Sometimes it's just hard for the newest fangled spangeled technology like SOAP and WSDL to beat tried and true technologies like Comma Separated Values, and sometimes it is the most benign of examples that seem to prove it.
Consider the following situation: you are searching or listing some potentially large data set, like a file system. You don't know how much stuff you are getting, but you know when you do find something you know all you will ever need know about it. But conversly this knowledge is atomic: you know nothing until you know everything. Furthermore getting that information has some non trivial cost that is basically static. And for the sake of argument all of this API is hidden behind some horrible facade that you cannot access (yea, I could be less abstract but, you know, NDA this, trade secret that, confidential interface here, yadda yadda yadda). How would you write a SOAP service to access that and get the data?
The obvious solution is to queue all of the result up into a single query. That's all fine and dandy, except that you then get all of the data at one time. That may not be desireable: what if you are showing a table with that data north of the one comma when you pretty printed range and after five minutes without data the user/QA Engineer/Customer thinks the query is hung and kills the app, never mind the fact that the data was available within 2 seconds of submission, essentially we have made the time to first data the same as time to all data plus network overhead. Why? Because of Well-Formed XML constraints; I don't know the soap response is valid XML until I receive the close tag, and for an unbounded element I don't how many there are until the close tag for the wrapper appears, and then because of threading issues it just doesn't deal well with common soap toolkits.
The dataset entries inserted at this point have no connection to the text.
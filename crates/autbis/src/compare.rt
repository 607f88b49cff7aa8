//! Compares two systems. The function `run_cmp` reads two inputs, and writes whether the systems that the inputs
//! describe are equivalent.
ghost use Rattle.std.specs.Prelude.{◌≡◌, IfErr, OnOk, OnErr};
ghost use Rattle.std.specs.Io.KnownBytes.{Appends};
ghost use Rattle.lts.specs.Meter.{IsFresh};
ghost use Rattle.autfmt.specs.Outcomes.{ReadsTo, Refuses, Takes};
ghost use Rattle.autfmt.specs.Stream.{AppendsPrefix, CountsFailure};
ghost use Rattle.autfmt.specs.declared.fault.Fault.TheVariants.{Device, Memory};
ghost use Rattle.autbis.specs.Comparisons.{ComparisonFails, ComparesTo, line_of};
ghost use Rattle.autbis.specs.Runs.{asks, used};
ghost use Rattle.autbis.specs.declared.compare.Side.TheVariants.{First, Run};

use crate::reports::put_whole;
use autfmt::{Fault, Hidden, Limits, Sink, Source, read_hiding};
use lts::{Lts, Memory, Meter};
use quotient::{Relation, equivalent};
use std::alloc::Global;

/// The part of a comparison in which an error occurred: the reading of one of the two inputs, or the rest of the
/// comparison.
#[derive(Clone, Copy, Debug, PartialEq, Eq)]
pub enum Side {
    /// The error occurred while the first input was read.
    First,
    /// The error occurred while the second input was read.
    Second,
    /// The error occurred after both inputs had been read.
    Run,
}

/// The reason why a comparison failed.
#[derive(Clone, Copy, Debug, PartialEq, Eq)]
pub struct CmpFault {
    /// The part of the comparison in which the error occurred.
    pub side: Side,
    pub fault: Fault,
}

impl From<Memory> for CmpFault {
    ghost from_gives = { λ _ fault. fault ≡ record { side = Run; fault = Memory } };

    fn from(_refused: Memory) -> CmpFault {
        CmpFault {
            side: Side::Run,
            fault: Fault::Memory,
        }
    }
}

/// Reads the first input to its end, and then the second input. In both systems, `run_cmp` replaces each label in the
/// list `h` by the internal action `i`. Then it compares the two systems modulo `rel`, and writes the line `TRUE` or
/// `FALSE` to the sink `w` (the object to which the output is written). Finally it calls `w.finish` once. The result of
/// `run_cmp` is the verdict, which is true if the systems are equivalent. The meter `m` counts rounds and visits (reads
/// of transitions), and must not have counted anything before. If the comparison succeeds, the number of rounds is at
/// most the number of states of both systems together. The number of visits is then exactly (rounds + 1) times the
/// number of transitions of both systems together.
///
/// # Errors
///
/// - `Side::First` or `Side::Second`: no system could be read from the first or from the second input. The field
///   `fault` of the error states the reason, which is one of the errors that `run_min` may return. In this case,
///   `run_cmp` has written nothing to `w`, and the meter has not counted any rounds or visits. If the first input has
///   an error or cannot be read, the source `b` (the object from which the second input is read) is unchanged.
/// - `Side::Run` with `Memory`: an allocation failed, and nothing was written.
/// - `Side::Run` with `Device`: the sink `w` failed, and a prefix of the line `TRUE` or `FALSE` was written.
pub fn run_cmp<M: Meter, R1: Source, R2: Source, W: Sink>(
    alloc: Global,
    a: &mut R1,
    b: &mut R2,
    w: &mut W,
    rel: Relation,
    lim: &Limits,
    h: &Hidden,
    m: &mut M,
) -> Result<bool, CmpFault>
    requires first { R1.failures a.old ≡ 0 }
    requires second { R2.failures b.old ≡ 0 }
    requires sink { W.failures w.old ≡ 0 }
    requires fresh { IsFresh (M.counted m.old) }

    // These clauses state what a verdict (`TRUE` or `FALSE`) means, and when each error is returned.
    ensures outcome { let asked = asks rel lim.now h.now in
        let one = used R1.rest R1.failures a.old a.new in
        let other = used R2.rest R2.failures b.old b.new in
        let sink = used W.written W.failures w.old w.new in
        Takes one.before one.after
        (λ first. ComparesTo asked first (one, other) sink (M.counted m.new))
        (λ first. ComparisonFails asked first (one, other) sink (M.counted m.new)) result }

    // These clauses state what `run_cmp` leaves unchanged if it fails.
    ensures unread { IfErr result (λ f. f.side ≡ First → b.new ≡ b.old) }
    ensures untouched { IfErr result (λ _. W.failures w.new ≡ 0 → w.new ≡ w.old) }
{
    lim.invariants();
    let first: Lts<M> = read_side(alloc, a, lim, h, Side::First)?;
    let second: Lts<M> = read_side(alloc, b, lim, h, Side::Second)?;
    let same = equivalent(alloc, &first, &second, rel, m)?;
    write_verdict(same, w)?;
    Ok(same)
}

/// Reads a system from one of the two inputs. The argument `side` says which input this is.
fn read_side<M: Meter, R: Source>(
    alloc: Global,
    r: &mut R,
    lim: &Limits,
    h: &Hidden,
    side: Side,
) -> Result<Lts<M>, CmpFault>
    requires { R.failures r.old ≡ 0 }
    ensures outcome { Takes (R.rest r.old) (R.rest r.new)
        (λ given. ReadsTo lim.now h.now given (R.rest r.new) (R.failures r.new))
        (λ given f. (f.side ≡ side)
        × Refuses lim.now given (R.rest r.new) (R.failures r.new) f.fault) result }
{
    match read_hiding(alloc, r, lim, h) {
        Ok(system) => Ok(system),
        Err(fault) => Err(CmpFault { side, fault }),
    }
}

/// Writes the line of the verdict (`TRUE` or `FALSE`) to the sink `w` (the object to which the output is written), and
/// then calls `w.finish` once.
fn write_verdict<W: Sink>(same: bool, w: &mut W) -> Result<(), CmpFault>
    requires { W.failures w.old ≡ 0 }
    ensures ok { OnOk result (Appends (W.written w.old) (W.written w.new) (line_of same)) }
    ensures err { OnErr result
        (AppendsPrefix (W.written w.old) (W.written w.new) (line_of same)) }
    ensures fault { IfErr result (λ f. (f.side ≡ Run) × (f.fault ≡ Device)) }
    ensures failures { CountsFailure result (W.failures w.new) }
{
    let line = if same { "TRUE\n" } else { "FALSE\n" };
    match put_whole(line.as_bytes(), w) {
        Ok(()) => Ok(()),
        Err(_) => Err(CmpFault {
            side: Side::Run,
            fault: Fault::Device,
        }),
    }
}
Can we could cache the results from the query and get the results in multiple calls? Then we have to cache it on the server side which means we need to keep soap sessions or handle callback objects or other such messiness. And what if the query is aborted? Then how do you deal with left over data no one ever came to get? LRU methods could also cause the data to be pushed out before you could get it when you have a high number of users or calls unless you make the chances very big, not to mention the bug potential. And even if we could do a quicker call to get just some key for each piece of data and return that quicker we still would have to go back and make N calls, which if the overhead of each individual SOAP call is any single digit fraction of the time to get the data from the key (or worse yet, a multiple) then the first row may be 2 seconds but the total time to get all of that data is now 150% to 300% what it was before if the overhead was 1/2 or 2x.
So how does CSV fit into this? First off a CSV file can have full context for any given row taken out of the file at any point (the agreement of column meanings is the same as needing a WSDL to describe it). Parsing single lines is a rather trivial state machine that college freshmen could implement as a weekly CS101 lab. You don't need some magic end of content marker like a close tag, it's always a newline outside of quotes. Detecting when you are done is as simple as detecting the fact the file is closed, and if a user abandons a request mid stream the socket errors tell the querying engine to stop creating more data. It's much like feeding a baby: you move the stuff in the jar one spoonful at a time to the baby and you stop when the baby spits up, gets resistant, or you run out of baby food.
Optimizing Web Services are much like other optimization tasks, there are hot spots where you focus on tweaking the algorithm or dropping down to assembly language if you have to. And when you optimize for raw speed sometimes you get other pleasant surprises too: it's 10x to 100x smaller as well.